# Insel Krk



## rom1405 (30. Januar 2018)

Hallo,
Hat jemand Erfahrungen und Vorschläge für die Insel Krk?
Gesucht wird alles, Unterkunft, TourenVorschläge ....
Reisezeit ist Anfang August
Vielen Dank


----------



## rom1405 (2. Februar 2018)

Da sich hier nix tut weite ich mal mein reisegebiet aus auf die gesamte Kvarner Bucht aus!


----------



## MTB-News.de




----------



## maze665 (5. Februar 2018)

war jetzt schon jahrelang hintereinander auf der insel krk. sind immer in baska stationiert, letztes jahr sind wir selber mit den rennrädern aus österreich/kärnten angereist!!  ... in baska gibts dann auch 2-3 ausgewiesene mtb routen ... teilweise halt gröbster schotter und felsen ... aber lustig ... grundsätzlich ist es halt sehr felsig da unten in den bergen ... mir schon teilweise mit dem 29er hardtail zu wild ... aber das definiert ja jeder anders  

waren immer privat in der "Pansion 55" untergebracht! Nette Leute, unkompliziert, sauber ... ausreichendes Frühstück!
bei weiteren fragen ... fragen!


----------



## _schindi_ (24. Januar 2019)

Leider erst seeeeehr spät entdeckt... ich fahre im April zum Birken nach Kroatien. Ich besuche krk für 3 Tage und dann noch ein paar winnetou Drehorte  lade dir am besten die App „krk bike“ runter, da sind alle Trail Touren etc. drin. Unterkunft würde ich mir in krk Stadt nehmen.liegt sehr zentral und zu den Trail ist es nicht weit. Bei weiteren Fragen kannst du mir gern schreiben. Die meisten Trail sin im nördlichen Teil der Insel Richtung vrbnik.

Grus schindi


----------



## homerjay (25. Januar 2019)

Ich war schon mal in Krk, allerdings nicht zum Biken. Die Wege dort sahen aber ganz gut aus, um Baska herum gab es 2017 schon ein paar ausgeschilderte Touren. Es dürfte sich auf jeden Fall lohnen das Bike mitzunehmen.


----------



## kreisbremser (25. Januar 2019)

meine bescheidenen erfahrungen am poklon (opatija), slijeme(zagreb) und kozjak(kastela) haben mir gezeigt, mit einem cc hardtail brauchst du dort nicht anzufangen, wenn mehr als waldautobahn gefahren wird. krk kenn ich nocht nicht, aber ich denke mal die trails sind dort ebenfalls knackig und steinig.


----------



## speedy_g0nzales (25. Januar 2019)

Dobar dan .

War schon mehrfach auf Krk (Baska). Hatte mir dieses Büchlein zugelegt, um paar Anhaltspunkte für Touren zu haben (<10,-EUR):







Enthält 16 Touren auf Krk, GPX-Tracks dazu hat der Autor in's Internet gestellt.
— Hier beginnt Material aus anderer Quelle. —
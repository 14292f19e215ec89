//! The 2x2x2: its scrambles, its minima, and how it is drawn.
ghost use Rattle.std.specs.Prelude.{◌≡◌, ◌↔◌, nat_le, IsTrue};
ghost use Rattle.scr_combinatorics.specs.Play.{play};
ghost use Rattle.scr_combinatorics.specs.Reach.{Needs};
ghost use Rattle.scr_orbit.specs.PowerPuzzles.{after_letter, power_puzzle};
ghost use Rattle.scr_notation.specs.declared.event.Event.TheVariants.{C222};
ghost use Rattle.scr_notation.specs.Written.{at_most, IsTheScramble};
ghost use Rattle.scr_cube.specs.Cube222.{powers_222, numbered_222, solved_222};
ghost use Rattle.scr_small.specs.Puzzles.{IsScramble222};
ghost use Rattle.scr_small.specs.Tables.{entry_at};

use crate::one_table::OneTable;
use crate::scrambles::{needs_of, scramble_of};
use crate::small_puzzle::SmallPuzzle;
use crate::state_table::StateTable;
use crate::tables::SmallTables;
use scr_cube::{Corners222, Numbers222};
use scr_notation::{Event, Scramble};
use scr_table::TableName;

/// The 2x2x2 with its built table.
pub type Small222<'a> = SmallPuzzle<'a, Numbers222>;

impl OneTable for Numbers222 {
    ghost use Rattle.std.specs.Prelude.{refl};
    ghost use Rattle.scr_small.specs.Puzzles.{numbered_puzzle_222};
    ghost use Rattle.scr_small.specs.Tables.{state_table_222};

    ghost shown = { numbered_puzzle_222 };

    ghost TABLE = { state_table_222 };

    const TABLE: StateTable = StateTable {
        event: Event::C222,
        name: TableName::Corners,
        bound: 11,
        low: 729,
        high: 5040,
    };

    #[tactic(auto, using(crate::proofs::Lawful222::solved_by_table_222))]
    fn numbers() -> Numbers222 {
        Numbers222
    }

    fn is_valid(state: &Corners222) {
        let [..] = state.twists();
    }

    ghost turned_by = { (refl, refl, refl) };
}

/// The scramble of a 2x2x2, of at most 11 turns: the first word of turns that solves it, taken back. The tables are
/// those of 222.
pub fn scramble_222(tables: &SmallTables, state: &Corners222) -> Scramble
    requires { tables.now.event ≡ C222 }
    ensures { IsTheScramble C222 IsScramble222 (at_most 11) (play (after_letter powers_222) solved_222) state.now result }
{
    scramble_of::<Numbers222>(tables, state)
}

/// Whether no word of fewer than `least` turns brings a 2x2x2 to solved. The tables are those of 222.
pub fn needs_222(tables: &SmallTables, state: &Corners222, least: u32) -> bool
    requires { tables.now.event ≡ C222 }
    ensures exact { IsTrue result ↔ Needs (power_puzzle powers_222) state.now least }
    ensures tested { result ≡ nat_le least (entry_at tables.now (numbered_222.number_of state.now)) }
{
    needs_of::<Numbers222>(tables, state, least)
}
Wegerl. Fast alles mit dem HT fahrbar, mit Fully sicherlich softer.



















Ausblicke:







Oben (Veli Hlam):


----------



## kniko (31. Juli 2019)

Hi!
Hat jemand aktuelle Berichte zu Krk?
Ich wäre auf der Suche nach Touren im Bereich bis 1000hm und S2 - S3 Trails (natürlich möglichst viel davon).
Wir sind im Oktober unterwegs und dank Zelt ziemlich flexibel, also nicht unbedingt auf Krk beschränkt. Gibt's sonst noch Tipps für Kroatien?

Kann man die Trail-Kategorie mit 5 Sternen irgendwie der Singletrailskala zuordnen? Also heißt 5* S3-S4-S5 oder eher etwas moderater?
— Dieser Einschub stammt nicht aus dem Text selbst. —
//! The tests of `scramble-pages`: of the crates that it stands on, a file for each, and of its whole runs, by words,
//! sheets, pages, messages and exit codes. They stand in a crate of their own, since a check of tests proves the crate
//! that they stand in anew.
#![tactic(auto)]

#[cfg(test)]
mod drawing;
#[cfg(test)]
mod html;
#[cfg(test)]
mod markup;
#[cfg(test)]
mod read;
#[cfg(test)]
mod runs;
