//! Puzzles that one table solves: the 2x2x2, the Pyraminx and the Skewb.
//!
//! What such a puzzle is stands in `specs/NumberedPuzzles.antt`, with no puzzle's name in it: numbered states, numbered
//! turns, the coordinate of the states' numbers, and the scramble of a state, which is the first word that solves it,
//! taken back. `specs/Puzzles.antt` has the puzzles' data, and `specs/Tables.antt` that of their tables.
//!
//! What a table tells that measures the coordinate is proved of any such puzzle: its valid states are those that turns
//! reach ([`laws::reached_by_table`]), a state needs as many turns as its distance, and each has one scramble, which
//! leads to it from solved. The table of the Pyraminx is over its states without tips, and tells of those with tips,
//! too. `scr_solver_laws` states the rest.
//!
//! A state is two parts that turns move each by itself (`specs/StateParts.antt`), so that a table is filled over two
//! move tables side by side. [`OneTable`] is what a puzzle gives beside its numbering and its turns, with these laws.
//! [`SmallTables`] is the built table of an event; [`scramble_222`], [`scramble_pyram`], [`scramble_skewb`] and the
//! tests of minima walk and read it. [`Small222`], [`SmallPyram`] and [`SmallSkewb`] are the events that fair drawing
//! takes: a puzzle with its built tables.
#![tactic(auto)]

pub mod laws;
mod one_table;
mod parts;
mod scrambles;
mod small_222;
mod small_puzzle;
mod small_pyram;
mod small_skewb;
mod state_table;
mod tables;

pub use one_table::OneTable;
pub use scrambles::scramble_of;
pub use small_222::{Small222, needs_222, scramble_222};
pub use small_puzzle::SmallPuzzle;
pub use small_pyram::{SmallPyram, needs_pyram, scramble_pyram};
pub use small_skewb::{SmallSkewb, needs_skewb, scramble_skewb};
pub use state_table::StateTable;
pub use tables::SmallTables;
Alle Tipps - wie gesagt auch zu Kroatien allgemein - sind herzlichst willkommen!


----------



## Deleted 306952 (31. Juli 2019)

Du kannst dir die app Krk Bike runterladen. Ich war im. April erst auf Krk und Rab. Hm schaffst du auf Rab mehr als auf Krk. Von der Brücke aus kannst du einen schönen singletrail Richtung Vrbnik fahren. Auf komoot sind auch viele Touren verzeichnet. Viel Spaß in meiner 2. Heimat.


----------



## kreisbremser (31. Juli 2019)

der sljeme in zagreb hat ein paar nette trails, der poklon bei opatija hat recht schwere strecken zu bieten.
im süden bei split in kastela gibt es branko, der baut gern trails. kannst nach pedalin kastela im netz schauen. ich dachte, als ich mir heute die berge entlang der autobahn angeschaut habe, dass im hinterland auf dem weg zurück von krk sicher einige alte karrenwege/schmugglerwege vorhanden seien müssten. grüße aus zg.


----------



## ryder71 (7. August 2019)

In Baska gibts zwei/drei recht schöne und auch gut markierte Trails auf die links und rechts der Bucht befindlichen „Berge“.


----------



## MTB-News.de




----------



## kniko (13. August 2019)

Vielen Dank für eure Antworten!

Leider hat sich der Trip aus beruflichen Gründen erst mal für unbestimmte Zeit verschoben... 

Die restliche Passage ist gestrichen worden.